# Welding Table



## JackAllen (Jul 30, 2008)

I would like to build a small welding table. How small could I go as far as demensions while still being workable?


I want to add a vise to the table.
The table will be contructed of a steel plate top (what thickness is good?) and some sort of metal legs.
The table will be mounted on casters so I can move it around, maybe with some sort of system to raise the casters off the ground or bring securing feet down to keep the table stable on the floor.


----------



## Bushytails (Jul 31, 2008)

How large/small you can build it is entirely dependent on what you're welding...  If you're welding jewelry, christmas trinkets, and r/c car parts, you'll want one a lot smaller than for welding, say, vehicle bumpers, motorcycle frames,...

For a vise, I would suggest one of the ones you can rotate sideways, to clamp parts vertically, at angles, etc.

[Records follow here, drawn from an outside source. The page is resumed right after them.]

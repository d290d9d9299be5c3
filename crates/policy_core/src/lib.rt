//! Policies of authorizers: which replies are policies, and what a policy decides of a request.
//!
//! An authorizer replies with a JSON object that has a `principalId`, a `policyDocument` with its
//! statements, and perhaps a `context`. A statement covers a request where one of its actions covers
//! `execute-api:Invoke`, without regard to ASCII case, and one of its resources covers the request's
//! name. In both, `*` stands for any run of characters and `?` for any one.
//!
//! ```text
//! let policy = AuthReply::read(alloc, bytes)?;
//! match decide(&policy, "arn:aws:execute-api:local:000000000000:a/s/GET/") {
//!     Decision::Allow(statement) => ..,       // no Deny covers it, and this Allow is the first that does
//!     Decision::Deny(statement) => ..,        // the first Deny that covers it
//!     Decision::NoAllow => ..,
//! }
//! ```
//!
//! | Statements, each for every action | Name | Decision |
//! |---|---|---|
//! | Allow `*`, Deny `*/POST/*` | `a/s/POST/` | `Deny(1)`: a Deny decides wherever it stands |
//! | Allow `*`, Deny `*/POST/*` | `a/s/GET/` | `Allow(0)` |
//! | Allow `a/?/c` | `a/é/c` | `Allow(0)`: `?` is a character, not a byte |
//! | Allow `A` | `a` | `NoAllow`: resources are compared with regard to case |
//!
//! | Reply | What refuses it |
//! |---|---|
//! | more than 65,536 bytes | `Malformed(65536)`, before all else |
//! | `{}` | `Malformed(0)`: the object lacks a member |
//! | `{"policyDocument":{},"principalId":7}` | `Malformed(18)`: the first fault met, in the order of the document |
//! | an `Action` of `["a",7]` | `Malformed` at the `7`: the innermost value of a wrong form |
//! | a statement with `Condition`, `NotAction` or `NotResource` | `Malformed` at the statement |
//! | `{"a":}` | `Malformed(5)`: the fault of the JSON document |
//!
//! Which trees are policies stands in `specs/Forms.antt`, the first fault of the others and the parts
//! of a policy in `specs/Replies.antt`, what a pattern covers in `specs/Patterns.antt`, and what a policy
//! decides in `specs/Decisions.antt`. [`AuthReply::read`] promises that it reads just the policies, each
//! with its parts, and that a refusal is at the first fault. [`decide`] promises the first Deny that
//! covers, else the first Allow that does, and takes no memory. The functions of [`laws`] prove that
//! the tests and the faults agree with the relations that say what they are for.
//!
//! Names of members, `Allow` and `Deny` are compared with regard to case, other members are ignored, and
//! values of a context are kept as their texts: a number as it is written.
//!
//! How it is built, not promised: a pattern is compared in one scan with a place to return to, and looks at
//! no more pairs of characters than the product of the two lengths, whatever the stars.
//!
//! Left out: conditions, principals other than `principalId`, variables in patterns, and escapes of `*` and `?`.
#![tactic(auto)]

mod children;
mod decision;
mod fault;
mod judge;
pub mod laws;
mod parts;
mod pattern;
mod policy;
mod reply;

pub use decision::decide;
pub use fault::PolicyFault;
pub use policy::{Decision, Policy, Statement};
pub use reply::{AuthReply, LIMIT};
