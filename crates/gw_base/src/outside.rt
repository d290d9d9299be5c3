// What the program reads from and writes to, each with a count of its faults.
ghost use Rattle.std.specs.Prelude.{◌≡◌, ◌≤◌, ◌<◌, List, ℕ, Option, length, IfOk, IsOk};
ghost use Rattle.std.specs.Io.KnownBytes.{ReadConsumes, WriteAppends};
ghost use Rattle.gw_base.specs.Outside.{HasCause, HasWriteCause};
ghost use Rattle.gw_base.specs.declared.outside.WriteStop.TheVariants.{Memory as no_memory};

use std::alloc::{AllocError, AllocFailed};

/// Want of memory: the one answer that has no cause.
#[derive(Clone, Copy, Debug, PartialEq, Eq)]
pub struct Memory;

impl From<AllocError> for Memory {
    fn from(_: AllocError) -> Self {
        Memory
    }
}

impl<T: Drop> From<AllocFailed<T>> for Memory {
    fn from(_: AllocFailed<T>) -> Self {
        Memory
    }
}

/// A fault of the outside, which its count tells.
#[derive(Clone, Copy, Debug, PartialEq, Eq)]
pub struct Failed;

/// Why nothing of a piece was written.
#[derive(Clone, Copy, Debug, PartialEq, Eq)]
pub enum WriteStop {
    /// The write failed: the count of the sink's faults rose.
    Failed,
    /// Memory is wanting.
    Memory,
}

impl From<Memory> for WriteStop {
    ghost from_gives = { λ _ e. e ≡ no_memory };

    fn from(_: Memory) -> Self {
        WriteStop::Memory
    }
}

/// Bytes that come in.
pub trait Source {
    /// The bytes that are left, where it tells them.
    ghost left: { Self → Option (List ℕ) };

    /// How often a read has failed, up to the count's greatest value.
    ghost faults: { Self → ℕ };

    /// What a read leaves as it is: where the source is a sink too, what was written and its count of faults.
    ghost beside: { Self → Option (List ℕ) × ℕ };

    /// Takes bytes into the front of the buffer: at least one, but at the end, where it answers `Ok(0)`. A read that
    /// fails takes none.
    fn read(&mut self, buf: &mut [u8]) -> Result<usize, Failed>
        requires { 0 < length buf.old }
        ensures bound { IfOk result (λ n. n ≤ length buf.new) }
        ensures bytes { ReadConsumes (left self.old) (left self.new) result buf.new }
        ensures cause { HasCause (faults self.old) (faults self.new) result }
        ensures beside { beside self.new ≡ beside self.old };
}

/// Bytes that go out.
pub trait Sink {
    /// The bytes that were written, where it tells them.
    ghost written: { Self → Option (List ℕ) };

    /// How often a write has failed, up to the count's greatest value.
    ghost faults: { Self → ℕ };

    /// What a write leaves as it is: where the sink is a source too, what is left to read and its count of faults.
    ghost beside: { Self → Option (List ℕ) × ℕ };

    /// Takes at least one byte from the front of the piece, and answers how many. On a refusal it took none.
    fn write(&mut self, piece: &[u8]) -> Result<usize, WriteStop>
        requires { 0 < length piece.now }
        ensures bound { IfOk result (λ n. n ≤ length piece.now) }
        ensures some { IfOk result (λ n. 0 < n) }
        ensures bytes { WriteAppends (written self.old) (written self.new) result piece.now }
        ensures cause { HasWriteCause (faults self.old) (faults self.new) result }
        ensures beside { beside self.new ≡ beside self.old };
}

For a table a couple feet square, I'd suggest 1/4" steel plate - about the thinnest that will spread heat out quickly and withstand the hammer-based fine adjustment often required on welded parts.


--Bushytails


----------



## shrek (Nov 6, 2008)

Take a look at millerwelds.com/interests/projects/portable-weld-table/ it's a pretty good looking protable welding table.


----------



## shrek (Nov 6, 2008)

Or if you would like a larger table. millerwelds.com/interests/projects/welding-table/ and no I'm not a miller employee, i just passing along some usefull stuff I've found.


----------